This document outlines the system design of AutoPrompt, which is built around four primary components: Dataset, Estimator, Evaluator, and Optimizer Manager. These components collaborate to refine prompts through an iterative process involving sample generation, annotation, prediction, evaluation of scores, and optimization.
- Dataset. This component manages the dataset and performs operations such as insertion, modification, deletion, and applying functions, on the dataset rows. The component also handles data cleaning by removing semantic duplications and performing semantic sampling. Since the system is optimized for small datasets, the current implementation is based on a local database using pandas.
- Estimator. The estimator is responsible for estimating a batch of samples. We implement this component in two forms, once for the predictions and once for the annotations. Such a generic implementation (for both use cases) allows for easy adaptation of the system to diverse use cases, including prompt calibration, prompt distillation and prompt squashing. The currently supported types of estimators are:
- Human annotation: Using Argilla UI. The system is connected to the Argilla server and is waiting until the annotation task is completed.
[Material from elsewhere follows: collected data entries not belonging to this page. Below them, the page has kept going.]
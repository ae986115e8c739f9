//! How many cycles always fit below the limit of events, in words.
ghost use Rattle.std.specs.Prelude.{◌≡◌, ◌+◌, ◌<◌, ◌^◌, ◌++◌, map, string_bytes, option_copied, OnOk};
ghost use Rattle.fault_messages.specs.CycleRoom.{nodes_made, counted, room_for, is_events, room_text};
ghost use Rattle.fault_messages.specs.CycleRoom.{room_said, room_part};
ghost use Rattle.fault_messages.specs.Places.{lines_before};

use crate::makers::is_maker;
use crate::places::word_at;
use pw_lists::{Memory, Text, Which, append_decimal, next_piece};

/// The events of a plan, at most.
const EVENTS_LIMIT: u64 = 4_194_304;

// The count after this line.
fn counted(line: &[u8], count: u32) -> u32
    requires { count + 1 < 2 ^ 32 }
    ensures { result ≡ counted line.now count }
{
    if is_maker(line) { count + 1 } else { count }
}

// How many nodes the lines before the one of this number make, counted from 1.
#[tactic(auto, using(crate::proofs::RoomLemmas::last_made))]
fn nodes_made(script: &[u8], number: u32) -> u32
    ensures { result ≡ nodes_made (lines_before script.now number) }
{
    let mut rest = script;
    let mut count: u32 = 0;
    for _ in 1..number {
        let (line, after) = next_piece(rest, b'\n');
        count = counted(line, count);
        match after {
            None => return count,
            Some(more) => rest = more,
        }
    }
    count
}

// How many cycles fit where so many nodes may be active.
fn room_for(nodes: u32) -> u64
    ensures { result ≡ room_for nodes }
{
    EVENTS_LIMIT / (5 + 2 * u64::from(nodes))
}

fn is_events(which: Which) -> bool
    ensures { result ≡ is_events which }
{
    matches!(which, Which::Events)
}

#[tactic(auto, unfolding(crate::specs::CycleRoom::room_text))]
fn put_room_text(text: &mut Text, cycles: u64) -> Result<(), Memory>
    ensures { OnOk result (text.new ≡ text.old ++ room_text cycles) }
{
    text.extend(b"; up to ")?;
    append_decimal(text, cycles)?;
    text.extend(b" cycles in all fit here, whatever is linked")
}

// What still fits at the line of this number.
fn put_room_said(
    text: &mut Text,
    words: &[String],
    which: Which,
    script: &[u8],
    number: u32,
) -> Result<(), Memory>
    ensures { OnOk result (text.new ≡ text.old
        ++ room_said (map string_bytes words.now) which (lines_before script.now number)) }
{
    if is_events(which) && word_at(words, 0) != b"groups".as_slice() {
        put_room_text(text, room_for(nodes_made(script, number)))
    } else {
        Ok(())
    }
}

/// What still fits at the line of this number, where that passes the limit of events and is at
/// hand. Cost: one look at each byte before the line.
pub fn put_room(
    text: &mut Text,
    words: &[String],
    which: Which,
    line: Option<&[u8]>,
    script: &[u8],
    number: u32,
) -> Result<(), Memory>
    ensures { OnOk result (text.new ≡ text.old
        ++ room_part (map string_bytes words.now) which (option_copied line.entry)
        (lines_before script.now number)) }
{
    match line {
        None => Ok(()),
        Some(_line) => put_room_said(text, words, which, script, number),
    }
}
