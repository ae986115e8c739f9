//! The values that a POD may be.

use pw_lists::{Items, Text};

/// A value of SPA's type system. A POD is a value with its type and size in front of it.
///
/// Public source: PipeWire's documentation, "SPA POD"; `spa/pod/pod.h`, `spa/utils/type.h`.
#[cycle(pod)]
#[derive(Drop)]
pub enum Pod {
    None,
    Bool(bool),
    Id(u32),
    Int(i32),
    Long(i64),
    /// The 32 bits of a float.
    FloatBits(u32),
    /// The 64 bits of a double.
    DoubleBits(u64),
    /// The bytes before the last nul.
    Text(Text),
    Bytes(Text),
    Rectangle {
        width: u32,
        height: u32,
    },
    Fraction {
        num: u32,
        denom: u32,
    },
    Bitmap(Text),
    Fd(i64),
    /// Values of one type, whose number is `child`; without a value it may be 1, no type.
    Array {
        child: u32,
        values: Items<Pod>,
    },
    Struct(Items<Pod>),
    /// Properties under keys, of an object type and an id.
    Object {
        object: u32,
        id: u32,
        props: Items<Prop>,
    },
    /// Values of one type, of which the first is the default; `kind` says what the others are.
    Choice {
        kind: ChoiceKind,
        flags: u32,
        child: u32,
        values: Items<Pod>,
    },
    /// Controls at offsets, which are counted in `unit`.
    Sequence {
        unit: u32,
        controls: Items<Control>,
    },
}

/// A property of an object.
#[cycle(pod)]
#[derive(Drop)]
pub struct Prop {
    pub key: u32,
    pub flags: u32,
    pub value: Pod,
}

/// A control of a sequence.
#[cycle(pod)]
#[derive(Drop)]
pub struct Control {
    pub offset: u32,
    pub kind: u32,
    pub value: Pod,
}

/// What the values of a choice are, after the first, which is the default.
#[derive(Clone, Copy, Drop)]
pub enum ChoiceKind {
    /// Nothing: the first is the value.
    None,
    /// The least and the greatest.
    Range,
    /// The least, the greatest and the step.
    Step,
    /// The alternatives.
    Enum,
    /// The flags that may be set.
    Flags,
}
- LLM estimator: Using an LLM to estimate the sample given a prompt. We support various types of LLMs, using Langchain integration. For efficiency, the system supports parallelism using both workers and async calls. The system also supports sending a few samples in one prompt (prompt batching), which can reduce the cost significantly.
- Batch estimator: The batch estimator runs multiple LLM estimators and adds a policy layer to aggregate the results. It is mainly used for prompt-squashing, aiming to optimize a single prompt that achieves the efficacy of multiple prompts. For example, in case of a user with several moderation rules.
- Evaluator. The evaluator is responsible for evaluating the records after the prediction and annotation stage. The evaluator accepts a function and applies it to each row. It's important to note that the function is generic, for example in the generation pipeline the function is performed by invoking an LLM. The evaluator is also responsible for defining the errors and handling the error analysis using the Analyzer meta-prompt.
- Optimizer manager (Optimization Pipeline). The optimizer manager handles the whole optimization process flow, it performs the iteration steps described in the system flow documentation and is responsible for stopping and returning the final calibrated prompt. The currently supported criteria are either convergence (determined by a patient hyper-parameter), or usage limit (determined by maximal cost if relevant, or by the number of generated tokens).
- Modularity and Flexibility: Each component is designed with modularity in mind, allowing for easy swaps or upgrades to accommodate different use cases.
- Scalability: The framework's architecture supports scaling, from handling small datasets efficiently to accommodating the computational demands of parallel processing and batch estimation.
- Cost-Efficiency: Features like prompt batching and the use of a batch estimator are specifically included to manage and minimize operational costs associated with LLM usage.